You are now ready to install the etcd Helm chart. This is similar to when Deephaven is initially installed, with a few more properties specified so that it can be restored from a snapshot. Substitute the name of your new etcd installation for the stor2 name used in this example. Note that you need the etcd root password as described above.

$ helm install stor2 bitnami/etcd -f dev-values/etcdValues.yaml        \
    --set startFromSnapshot.enabled=true                               \
    --set startFromSnapshot.existingClaim=my-etcd-restore-snapshot-pvc \
    --set startFromSnapshot.snapshotFilename=etcd-snapshot.db          \
    --set replicaCount=3                                               \
    --set auth.rbac.enabled=true                                       \
    --set auth.rbac.rootPassword=plaintext-root-password

Updating Deephaven for the new etcd cluster name

The endpoints data in Deephaven needs to be changed to point to the new cluster.
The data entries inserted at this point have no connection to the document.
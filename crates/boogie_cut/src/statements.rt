// Statements, one after the other.
ghost use Rattle.std.specs.Prelude.{◌≡◌, ◌+◌, length, map, IfOk, OnOk, Some};
ghost use Rattle.boogie_tree.specs.Stmt as s;
ghost use Rattle.boogie_tree.specs.Whole.{expr_of, exprs_of, stmts_of};
ghost use Rattle.boogie_loops.specs.View.{wproc_of, wstmt_of, wstmts_of};
ghost use Rattle.boogie_cut.specs.Cut as c;
ghost use Rattle.boogie_cut.specs.View.{IsWritten, types_in, types_of_all};

use crate::calls::{add_params, write_call};
use crate::copies::{copy, copy_all};
use crate::loops::{write_either, write_if, write_loop};
use crate::pieces::behind;
use boogie_loops::{Procs, WProc, WStmt};
use boogie_tree::{BExpr, BStmt, BType, Local};
use std::alloc::Global;
use vb_base::{Label, Memory};

/// What statements may name: the procedures of the program, and the variables of their own.
#[derive(Clone, Copy)]
pub(crate) struct StatementScope<'a> {
    pub(crate) procs: &'a Procs<'a>,
    pub(crate) own: &'a [Local],
}

fn write_assign(alloc: Global, local: usize, e: &BExpr, out: &mut Vec<BStmt>) -> Result<(), Memory>
    ensures { OnOk result (stmts_of out.new.items ≡ c.join (stmts_of out.old.items) (c.alone (s.Assign local (expr_of e.now)))) }
{
    let e = copy(alloc, e)?;
    Ok(out.push(BStmt::Assign(local, e))?)
}

fn write_put(
    alloc: Global,
    map: usize,
    index: &[BExpr],
    e: &BExpr,
    out: &mut Vec<BStmt>,
) -> Result<(), Memory>
    ensures { OnOk result (stmts_of out.new.items ≡ c.join (stmts_of out.old.items) (c.alone (s.Put map (exprs_of index.now) (expr_of e.now)))) }
{
    let index = copy_all(alloc, index)?;
    let e = copy(alloc, e)?;
    Ok(out.push(BStmt::Put(map, index, e))?)
}

fn write_havoc(local: usize, out: &mut Vec<BStmt>) -> Result<(), Memory>
    ensures { OnOk result (stmts_of out.new.items ≡ c.join (stmts_of out.old.items) (c.alone (s.Havoc local))) }
{
    Ok(out.push(BStmt::Havoc(local))?)
}

fn write_assume(alloc: Global, e: &BExpr, out: &mut Vec<BStmt>) -> Result<(), Memory>
    ensures { OnOk result (stmts_of out.new.items ≡ c.join (stmts_of out.old.items) (c.alone (s.Assume (expr_of e.now)))) }
{
    let e = copy(alloc, e)?;
    Ok(out.push(BStmt::Assume(e))?)
}

fn write_assert(alloc: Global, label: &Label, e: &BExpr, out: &mut Vec<BStmt>) -> Result<(), Memory>
    ensures { OnOk result (stmts_of out.new.items ≡ c.join (stmts_of out.old.items) (c.alone (s.Assert label.now (expr_of e.now)))) }
{
    let e = copy(alloc, e)?;
    Ok(out.push(BStmt::Assert(*label, e))?)
}

/// The call of a procedure.
fn cut_call(
    alloc: Global,
    callee: &WProc,
    own: &[Local],
    targets: &[usize],
    arguments: &[BExpr],
    types: &mut Vec<BType>,
    out: &mut Vec<BStmt>,
) -> Result<(), Memory>
    ensures { OnOk result (IsWritten
        (c.cut_call targets.now (exprs_of arguments.now) (length (types_in own.now) + length (types_of_all types.old.items)) (Some (wproc_of callee.now)))
        (types_of_all types.old.items) (stmts_of out.old.items) (types_of_all types.new.items) (stmts_of out.new.items)) }
{
    let n = behind(own.len(), types.len())?;
    add_params(alloc, callee, types)?;
    write_call(alloc, callee, n, targets, arguments, out)
}

/// The statement, with its further locals behind those of these types.
#[cycle(cutting)]
fn cut_stmt(
    alloc: Global,
    frame: &StatementScope<'_>,
    stmt: &WStmt,
    types: &mut Vec<BType>,
    out: &mut Vec<BStmt>,
) -> Result<(), Memory>
    ensures { OnOk result (IsWritten
        (c.cut_stmt (map wproc_of frame.now.procs.now.all.now) (types_in frame.now.own.now) (wstmt_of stmt.now) (length (types_in frame.now.own.now) + length (types_of_all types.old.items)))
        (types_of_all types.old.items) (stmts_of out.old.items) (types_of_all types.new.items) (stmts_of out.new.items)) }
{
    match stmt {
        WStmt::Assign(local, e) => write_assign(alloc, *local, e, out),
        WStmt::Put(map, index, e) => write_put(alloc, *map, index, e, out),
        WStmt::Havoc(local) => write_havoc(*local, out),
        WStmt::Assume(e) => write_assume(alloc, e, out),
        WStmt::Assert(label, e) => write_assert(alloc, label, e, out),
        WStmt::If(e, then, other) => {
            let first = block(alloc, frame, then, types)?;
            let second = block(alloc, frame, other, types)?;
            write_if(alloc, e, first, second, out)
        }
        WStmt::Either(then, other) => {
            let first = block(alloc, frame, then, types)?;
            let second = block(alloc, frame, other, types)?;
            write_either(first, second, out)
        }
        WStmt::While(guard, invariants, body) => {
            let turn = block(alloc, frame, body, types)?;
            write_loop(alloc, frame.own, guard, invariants, body, turn, out)
        }
        WStmt::Call(targets, name, arguments) => match frame.procs.named(name) {
            Some(callee) => cut_call(alloc, callee, frame.own, targets, arguments, types, out),
            None => Ok(()),
        },
    }
}

/// The statements of a block.
#[cycle(cutting)]
fn block(
    alloc: Global,
    frame: &StatementScope<'_>,
    stmts: &[WStmt],
    types: &mut Vec<BType>,
) -> Result<Vec<BStmt>, Memory>
    ensures { IfOk result (λ xs. IsWritten
        (c.cut (map wproc_of frame.now.procs.now.all.now) (types_in frame.now.own.now) (wstmts_of stmts.now) (length (types_in frame.now.own.now) + length (types_of_all types.old.items)))
        (types_of_all types.old.items) s.skip (types_of_all types.new.items) (stmts_of xs.items)) }
{
    let mut out = Vec::new(alloc);
    cut_block(alloc, frame, stmts, types, &mut out)?;
    Ok(out)
}

/// The same behind other statements.
#[cycle(cutting)]
pub(crate) fn cut_block(
    alloc: Global,
    frame: &StatementScope<'_>,
    stmts: &[WStmt],
    types: &mut Vec<BType>,
    out: &mut Vec<BStmt>,
) -> Result<(), Memory>
    ensures { OnOk result (IsWritten
        (c.cut (map wproc_of frame.now.procs.now.all.now) (types_in frame.now.own.now) (wstmts_of stmts.now) (length (types_in frame.now.own.now) + length (types_of_all types.old.items)))
        (types_of_all types.old.items) (stmts_of out.old.items) (types_of_all types.new.items) (stmts_of out.new.items)) }
{
    for stmt in stmts {
        cut_stmt(alloc, frame, stmt, types, out)?;
    }
    Ok(())
}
For the new configuration, we need the non-headless etcd service URL for the new cluster obtained from running kubectl get svc -l app.kubernetes.io/instance=stor2, using the name of your installation in place of stor2.

# Get the non-headless service name for the new etcd instance
$ kubectl get svc -l app.kubernetes.io/instance=stor2
NAME                  TYPE        CLUSTER-IP     EXTERNAL-IP   PORT(S)             AGE
stor2-etcd            ClusterIP   10.122.9.149   <none>        2379/TCP,2380/TCP   26d
stor2-etcd-headless   ClusterIP   None           <none>        2379/TCP,2380/TCP   26d

The format for the endpoint is http://<etcd-k8s-service-name>.<namespace>.svc.cluster.local:2379. For this example, that is http://stor2.deephaven.svc.cluster.local:2379. Substitute the values for your environment.

The next step is to update some of our secrets with this information. Data in Kubernetes secrets is base64-encoded, so first, encode the endpoint.

# Base64 encode the etcd non-headless endpoint
$ echo -n http://stor2.deephaven.svc.cluster.local:2379 | base64
aHR0cDovL3N0b3IyLmRlZXBoYXZlbi5zdmMuY2x1c3Rlci5sb2NhbDoyMzc5

Use this snippet to update the secrets with your encoded endpoint value.

# Update the secrets with the new encoded endpoint value
$ secret_names=$(kubectl get secret -l role=etcd-client-cred -o custom-columns='NAME:.metadata.name' --no-headers)
$ for sn in $secret_names; do
>   kubectl patch secrets $sn --type='json' -p='[{"op" : "replace" ,"path" : "/data/endpoints" ,"value" : "aHR0cDovL3N0b3IyLmRlZXBoYXZlbi5zdmMuY2x1c3Rlci5sb2NhbDoyMzc5"}]'
> done

We are now ready to do the final Helm upgrade of Deephaven. You most likely used a YAML file to define Helm chart token values for your environment when Deephaven was initially installed. These include things such as the URL of the Deephaven installation, the Docker image repository, and the Deephaven NFS server information. That file contains a YAML value for etcd.release with your original etcd installation name. Change that to your new etcd installation name. If you do not have that file, you can get the values provided by running helm get notes <deephaven installation name>. If you do not know the Deephaven Helm installation name, run helm list.

The Deephaven Helm installation package includes a setupTools/scaleAll.sh script. Scale the deployments to 0:

setupTools/scaleAll.sh 0

Then do the Helm upgrade as you normally would as described here.